I have a decent amount of data in a database. I have well formed tables and good relationships between them with some redundancy in my data. But how far should I go with normalization? Are there performance drawbacks to too much normalization?
You should go as far as you should, and no further. Of course. ~ The problem may be that this is a bit of an art, and it's why this isn't a pure science.
Our main product is an analysis and reporting system, and so in that regard, we have quite a few detail records. We initially had it designed with lots of joins on a common ID for some of the child records, but we found that if we denormalized a couple of fields we could cut out a LOT of joins and we could take away a lot of performance headaches.
But we only knew that because we 1) created a "normalized" design, 2) started using it, 3) profiled the actual performance after hundreds of millions of rows across dozens of tables.
The end story is that until we profiled we couldn't know for sure what was going to work for us. We liked the idea of normalizing so we could update more easily, but in the end actual performance was the deciding factor. That's my advice for you: Profile, profile, profile.
Normalization is a goal only when it supports your data model well enough to warrant it. It is meant to be a guide to allow growth, management and maintainability. Remember that neither the book on normalization, nor its writer, are going to build or maintain your database or its application.
And, yes there can be a performance impact from too much normalization. This would be in deeper table traversal to pick up things like status indicator tables when they have been pulled out to a separate table. Some will say this is usually negated in update speed (changing status text from "Good" to "GOOD" or something of the like) or in maintainability.
I recommend reading the following appendix found in a few of Chris Date's more recent books:
Normalization is far from being a panacea, as we can easily see by considering what its goals are and how well it measures up against them...

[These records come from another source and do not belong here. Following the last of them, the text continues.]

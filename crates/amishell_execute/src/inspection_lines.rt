//! The lines of `--check`: what each finding is for a run, and how it is told.

use crate::faults::Fault;
use crate::missing_devices::Devices;
use crate::refusals::refusal_of;
use crate::status::Status;
use crate::top_paths::is_refused;
use ados_check::{Finding, Problem, may_make_alias};
use ados_text::{NoMemory, Text};
use ados_trace::escaped;
use execute_options::Options;
use std::alloc::Global;
use std::collections::BTreeSet;
use std::io;
use std::io::Write;

/// What was found in a script.
#[derive(Drop)]
pub struct ScriptReport {
    /// The script's path.
    pub path: String,
    /// It is one of the command line.
    pub is_given: bool,
    /// What is left out is struck where that is wanted.
    pub may_strike: bool,
    /// The line that is told of one that can't be read.
    pub unread: Option<String>,
    /// What was found in its lines.
    pub found: Vec<Finding>,
}

// What a finding is.
#[derive(Clone, Copy)]
enum Verdict {
    Note,
    Error,
    // The script is not run because of it, as this text says.
    Refusal(&'static str),
}

/// The lines of a check.
#[derive(Drop)]
pub struct Lines<'a> {
    options: &'a Options<'a>,
    // The lines that are typed before a script.
    typed: &'a [Text],
    // The devices that scripts find.
    devices: &'a Devices,
    // The lines that were written.
    told: BTreeSet<String>,
}

impl<'a> Lines<'a> {
    /// None so far.
    pub fn of(
        alloc: Global,
        options: &'a Options<'a>,
        typed: &'a [Text],
        devices: &'a Devices,
    ) -> Lines<'a> {
        Lines {
            options,
            typed,
            devices,
            told: BTreeSet::new(alloc),
        }
    }

    /// Tells what was found in all scripts; `Wrong` if there is an error.
    pub fn tell_all<R: AllocGlobal + Print>(
        &mut self,
        rt: &R,
        reports: &[ScriptReport],
    ) -> Result<Status, Fault> {
        let mut status = Status::Done;
        for script in reports {
            if let Some(line) = &script.unread {
                self.write_line(rt, String::from_str(rt.alloc(), line.as_str())?)?;
            }
            for finding in &script.found {
                if self.devices.has(finding, script.is_given)? {
                    continue;
                }
                let verdict = self.verdict(rt.alloc(), &finding.problem, script.may_strike)?;
                self.tell(rt, script.path.as_str(), finding, verdict)?;
                if !matches!(verdict, Verdict::Note) {
                    status = Status::Wrong;
                }
            }
        }
        Ok(status)
    }

    // What a problem is in a run: because of some the script is not run, unless the run is lenient or an alias may be meant.
    fn verdict(
        &self,
        alloc: Global,
        problem: &Problem,
        may_strike: bool,
    ) -> Result<Verdict, NoMemory> {
        let is_refused = is_refused(problem);
        if is_refused && (self.options.lenient || self.may_be_alias(alloc, problem)?) {
            return Ok(Verdict::Note);
        }
        Ok(if problem.is_error() {
            Verdict::Error
        } else if is_refused {
            Verdict::Refusal(refusal_of(may_strike))
        } else {
            Verdict::Note
        })
    }

    // A typed line may make the command with an option left out an alias, which is another command then.
    fn may_be_alias(&self, alloc: Global, problem: &Problem) -> Result<bool, NoMemory> {
        match problem.command_left_out() {
            Some(command) => may_make_alias(alloc, self.typed, command.as_bytes()),
            None => Ok(false),
        }
    }

    // Writes the line of a finding, as a compiler does.
    fn tell<R: AllocGlobal + Print>(
        &mut self,
        rt: &R,
        path: &str,
        finding: &Finding,
        verdict: Verdict,
    ) -> Result<(), Fault> {
        let kind = match verdict {
            Verdict::Note => "note",
            Verdict::Error | Verdict::Refusal(_) => "error",
        };
        let line = format!(in rt.alloc(); "{path}:{}: {kind}: {}", finding.line, finding.problem)?;
        // A terminal obeys control characters, and a newline would begin another line.
        let mut line = escaped(rt.alloc(), &line)?;
        if let Verdict::Refusal(refusal) = verdict {
            line.push_str(": the script ")?;
            line.push_str(refusal)?;
        }
        self.write_line(rt, line)
    }

    // Writes a line, once: of a script that is looked at twice most of it is said twice.
    fn write_line<R: AllocGlobal + Print>(&mut self, rt: &R, line: String) -> Result<(), Fault> {
        if self.told.contains(line.as_str()) {
            return Ok(());
        }
        let whole = format!(in rt.alloc(); "{line}\n")?;
        if io::writer(rt).write_all(whole.as_bytes()).is_err() {
            return Err(Fault::Write);
        }
        self.told.insert(line)?;
        Ok(())
    }
}

/// The lines that are typed before a script.
pub fn typed_lines(alloc: Global, options: &Options<'_>) -> Result<Vec<Text>, NoMemory> {
    let mut lines = Vec::new(alloc);
    for line in &options.typed {
        lines.push(Text::from_bytes(alloc, line.as_bytes())?)?;
    }
    Ok(lines)
}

I must make it clear that I don't want my comments in this section to be seen as any sort of attack. I believe firmly that anything less than a fully normalized design is strongly contraindicated...
I think it is equally important to look at the explicit added denormalisations, either added aggregate values or some fields from a master table copied to a detail copy.

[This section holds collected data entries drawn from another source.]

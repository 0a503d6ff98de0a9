//! The scripts of each shell, whose lines are kept from their beginning until their end is reported.
ghost use Rattle.std.specs.{Prelude.{◌≡◌, ◌++◌, IfOk, OnOk, length, nat_lt}, Option.{option_map}};
ghost use Rattle.amishell_execute.specs.Ends.{kept_after, script_at, script_of};

use ados_flow::Frame;
use ados_launch::Next;
use ados_script::Script;
use ados_shell::Shell;
use ados_text::{NoMemory, Result2, Text};
use ados_trace::script_name;
use ados_world::World;
use std::alloc::Global;

// Shells have the numbers from 1 to 20.
const NUMBERS: usize = 21;

/// What an event did to a shell.
#[derive(Clone, Copy, PartialEq, Eq, Debug)]
pub enum Change {
    /// A frame began in the shell of this number.
    Begun(u8),
    /// Frames ended, or nothing did.
    Same,
    /// It is gone, or the event was that of no shell.
    Ended(u8),
}

/// The frames of all shells, as they began.
#[derive(Drop)]
pub struct Trail {
    // By the shells' numbers.
    shells: Vec<Kept>,
    // The shell that had the last event, while it runs; 0 if none had.
    latest: u8,
    // How many frames are kept of it.
    count: usize,
    // There was no memory to keep what began.
    is_short: bool,
}

/// The frames of a shell, as they began.
#[derive(Drop)]
struct Kept {
    // The newest is the last.
    frames: Vec<Frame>,
}

impl Trail {
    /// No frame has begun.
    pub fn new(alloc: Global) -> Result<Trail, NoMemory> {
        let mut shells = Vec::with_capacity(alloc, NUMBERS)?;
        for _ in 0..NUMBERS {
            shells.push(Kept {
                frames: Vec::new(alloc),
            })?;
        }
        Ok(Trail {
            shells,
            latest: 0,
            count: 0,
            is_short: false,
        })
    }

    /// Before an event: which shell has it. Mostly it is a turn of the one that had the last.
    #[inline(always)]
    pub fn expect(&mut self, world: &World, next: Next) {
        match next {
            Next::Turn(number) if number == self.latest => {}
            _ => self.turn_to(world, shell_of(next)),
        }
    }

    // The next event is one of this shell.
    #[inline(never)]
    fn turn_to(&mut self, world: &World, number: u8) {
        self.latest = number;
        // Shell 1 begins with no frame, another one with the commands of a Run.
        if number > 1 && self.keep_new(world, number).is_err() {
            self.is_short = true;
            self.latest = 0;
        }
        self.count = match self.shells.get(usize::from(number)) {
            Some(kept) => kept.frames.len(),
            None => 0,
        };
    }

    /// Keeps the commands of a shell that is new: none of them was taken yet.
    pub fn keep_new(&mut self, world: &World, number: u8) -> Result<(), NoMemory> {
        let kept = self.shells.get_mut(usize::from(number));
        let (Some(shell), Some(kept)) = (world.shell(number), kept) else {
            return Ok(());
        };
        if shell
            .frames()
            .first()
            .is_some_and(|frame| frame.position() == 0)
        {
            kept.frames.clear();
            kept.look(shell.frames())?;
        }
        Ok(())
    }

    /// After an event: the shell that had it runs as many frames as are kept of it, and its last command found no bad directive.
    #[inline(always)]
    pub fn is_as_kept(&self, world: &World) -> bool {
        match world.shell(self.latest) {
            Some(shell) => {
                shell.frames().len() == self.count && shell.codes().result2 != Result2::BAD_TEMPLATE
            }
            None => false,
        }
    }

    /// After an event: the script of the shell that had it goes on after it could not call another one, which has a bad directive.
    pub fn has_lost_call(&self, world: &World) -> bool {
        world
            .shell(self.latest)
            .and_then(|shell| shell.frames().last())
            .is_some_and(|frame| {
                frame.is_script() && frame.last_codes().result2 == Result2::BAD_TEMPLATE
            })
    }

    /// After an event: what it did to the shell that had it.
    pub fn follow(&mut self, world: &World) -> Result<Change, NoMemory> {
        if self.is_short {
            return Err(NoMemory);
        }
        let number = self.latest;
        let kept = self.shells.get_mut(usize::from(number));
        let (Some(shell), Some(kept)) = (world.shell(number), kept) else {
            self.latest = 0;
            return Ok(Change::Ended(number));
        };
        let frames = shell.frames();
        let begins = kept.look(frames)?;
        self.count = frames.len();
        Ok(if begins {
            Change::Begun(number)
        } else {
            Change::Same
        })
    }

    /// The newest script of a shell, or the one that has this many newer ones.
    pub fn script(&self, shell: u8, newer: usize) -> Option<&Script> {
        let kept = self.shells.get(usize::from(shell))?;
        script_at(&kept.frames, newer)
    }

    /// The name of the oldest script of a shell.
    pub fn first_script(&self, shell: u8) -> Option<&Text> {
        let kept = self.shells.get(usize::from(shell))?;
        kept.frames.iter().find_map(script_name)
    }

    /// The first line of the oldest frame of a shell.
    pub fn first_line(&self, shell: u8) -> Option<&Text> {
        self.shells
            .get(usize::from(shell))?
            .frames
            .first()?
            .next_line()
    }
}

impl Kept {
    // After an event: what ended is given up, and what began is kept; it is shared, not copied. Mostly neither is so. Gives
    // whether a frame began.
    #[tactic(auto, using(crate::proofs::TrailLemmas::same_kept))]
    fn look(&mut self, frames: &[Frame]) -> Result<bool, NoMemory>
        ensures kept { OnOk result (self.new.frames.items ≡ kept_after self.old.frames.items frames.now) }
        ensures begun { IfOk result (λ begun. begun ≡ nat_lt (length self.old.frames.items) (length frames.now)) }
    {
        if self.frames.len() == frames.len() {
            return Ok(false);
        }
        let begins = self.frames.len() < frames.len();
        self.frames.truncate(frames.len());
        let begun = frames.get(self.frames.len()..).unwrap_or(&[]);
        share_into(&mut self.frames, begun)?;
        Ok(begins)
    }
}

// Appends shares of frames to a list.
fn share_into(kept: &mut Vec<Frame>, frames: &[Frame]) -> Result<(), NoMemory>
    ensures { OnOk result (kept.new.items ≡ kept.old.items ++ frames.now) }
{
    for frame in frames {
        kept.push(frame.share()?)?;
    }
    Ok(())
}

// The lines of the newest script of some frames, or of the one that has this many newer ones.
#[tactic(auto, using(crate::proofs::TrailLemmas::no_script, crate::proofs::TrailLemmas::newest_script, crate::proofs::TrailLemmas::older_script, crate::proofs::TrailLemmas::script_below))]
fn script_at(frames: &[Frame], newer: usize) -> Option<&Script>
    ensures { option_map (λ script. script.now) result ≡ script_at frames.now newer }
{
    let mut rest = frames;
    let mut left = newer;
    while let Some((frame, older)) = rest.split_last() {
        if let Some(script) = script_of(frame) {
            if left == 0 {
                return Some(script);
            }
            left -= 1;
        }
        rest = older;
    }
    None
}

// The lines of the script that a frame is.
#[tactic(auto, using(crate::proofs::TrailLemmas::called))]
fn script_of(frame: &Frame) -> Option<&Script>
    ensures { option_map (λ script. script.now) result ≡ script_of frame.now }
{
    let (script, _) = frame.script_line()?;
    Some(script)
}

// The shell whose event comes next; 0 for a line.
fn shell_of(next: Next) -> u8 {
    match next {
        Next::Line => 0,
        Next::Turn(number) | Next::Start(number) | Next::Further(number) => number,
    }
}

The argument mostly being some performance argument.
If you do so enforce, that those fields are updated by triggers and it's up to the database to keep them consistent.
I totally agree with @jcolebrand. When you're designing model for your application, you should normalize everything you can. But then you should profile the queries built over your model, especially those executed frequently.
My own experience: attributes that took two joins to reach (that means three tables joined) will be mostly a performance hog. And to make things worst, it is used in on line transactions. I denormalize the attribute, so it just need one join and asked the programmer to adjust their app for the query and updating the attribute. Now it works much better ...
In other word, you should balance normalization with performance.